The wide-body 787s are used mostly for long, international trips. Demand for those flights was hurt by the Covid pandemic but United, American and other carriers have reported a spike in bookings for trans-Atlantic trips as governments ease pandemic travel restrictions.

When asked whether airlines have enough planes for the travel rebound, Calhoun told CNBC, "Well, they do today.

"I think by the time we get into the second half of next year, I think everyone will will be working hard on those fleet plans," he said.

Boeing has been mired in back-to-back crises since the first of two deadly crashes of its 737 Max three years ago. While it grappled with a 20-month grounding of the planes, the coronavirus pandemic decimated travel and aircraft demand.

The company delivered 62 737s in the quarter, the most since the first quarter of 2019, Calhoun said. It is producing 19 Max planes a month, up from 16 in July. It stuck with a forecast to ramp up output to 31 a month in early 2022. Further production-rate increases will depend on the state of the supply chain, he said during the quarterly call.

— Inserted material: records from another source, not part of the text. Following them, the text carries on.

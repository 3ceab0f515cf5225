// Work and span of runs.

use crate::runs::{Table, lists};
use fork_graph::GraphTurn::{Join, Spawn};
use fork_graph::{Extent, GraphTurn, are_small, first_fault};
use log_walk::SerialWalk;
use plain_vec::Listed;
use run_span::{span_of, total_work};
use std::alloc::Global;

struct Case {
    table: Table,
    // The weights of the strands, in their serial order.
    weights: &'static [u64],
    work: u64,
    span: u64,
}

const CASES: &[Case] = &[
    Case {
        table: &[&[]],
        weights: &[5],
        work: 5,
        span: 5,
    },
    // The root's first strand, the first child, and the root after each join: 1 + 10 + 1 + 1.
    Case {
        table: &[&[Spawn(1), Spawn(2), Join(1), Join(2)], &[], &[]],
        weights: &[1, 10, 2, 3, 4, 1, 1],
        work: 22,
        span: 13,
    },
    // The root's first two strands, the second child, and the root after each join: 1 + 1 + 20 + 1 + 1.
    Case {
        table: &[
            &[Spawn(1), Spawn(2), Join(2), Join(1)],
            &[Spawn(3), Join(3)],
            &[],
            &[],
        ],
        weights: &[1, 1, 7, 2, 1, 1, 20, 1, 1, 1],
        work: 36,
        span: 24,
    },
    // The grandchild's way: 1 + 1 + 30 + 1 + 1.
    Case {
        table: &[
            &[Spawn(1), Spawn(2), Join(2), Join(1)],
            &[Spawn(3), Join(3)],
            &[],
            &[],
        ],
        weights: &[1, 1, 30, 2, 1, 1, 20, 1, 1, 1],
        work: 59,
        span: 34,
    },
];

fn has_span(alloc: Global, tasks: &Listed<Listed<GraphTurn>>, case: &Case) -> bool {
    if tasks.is_empty() || !are_small(tasks) {
        return false;
    }
    let Ok(None) = first_fault(alloc, tasks, Extent::Whole) else {
        return false;
    };
    let Ok(walk) = SerialWalk::new(alloc, tasks) else {
        return false;
    };
    let order = walk.order();
    if case.weights.len() != order.len() || total_work(case.weights) != Some(case.work) {
        return false;
    }
    match span_of(alloc, tasks, order, case.weights) {
        Ok(span) => span == case.span,
        Err(_) => false,
    }
}

fn is_right(alloc: Global, case: &Case) -> bool {
    match lists(alloc, case.table) {
        Ok(tasks) => has_span(alloc, &tasks, case),
        Err(_) => false,
    }
}

#[test]
fn work_and_span(rt: HostRuntime) {
    for case in CASES {
        assert!(rt; is_right(rt.alloc(), case));
    }
}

Chinese regulators still haven't signed off on the Boeing Max, the biggest hurdle left in returning the planes fully to service. But Boeing said it expects to get Chinese regulators' approval by the end of the year and for deliveries to airlines in that country to resume in the first quarter of 2022. Test flights to recertify the plane in China began in August.

The company has about 370 Max planes in inventory and said that the "vast majority" have owners and that if its projections for China deliveries hold up, it will deliver most of them by the end of 2023.

Boeing's shares fell 1.5% to $206.61 on Wednesday. They're down 3.5% so far this year, compared with a 21% gain in the S&P 500.

Correction: Boeing said its third-quarter revenue rose to $15.28 billion, up 8% from $14.14 billion a year ago. An earlier version misstated the year-earlier figure.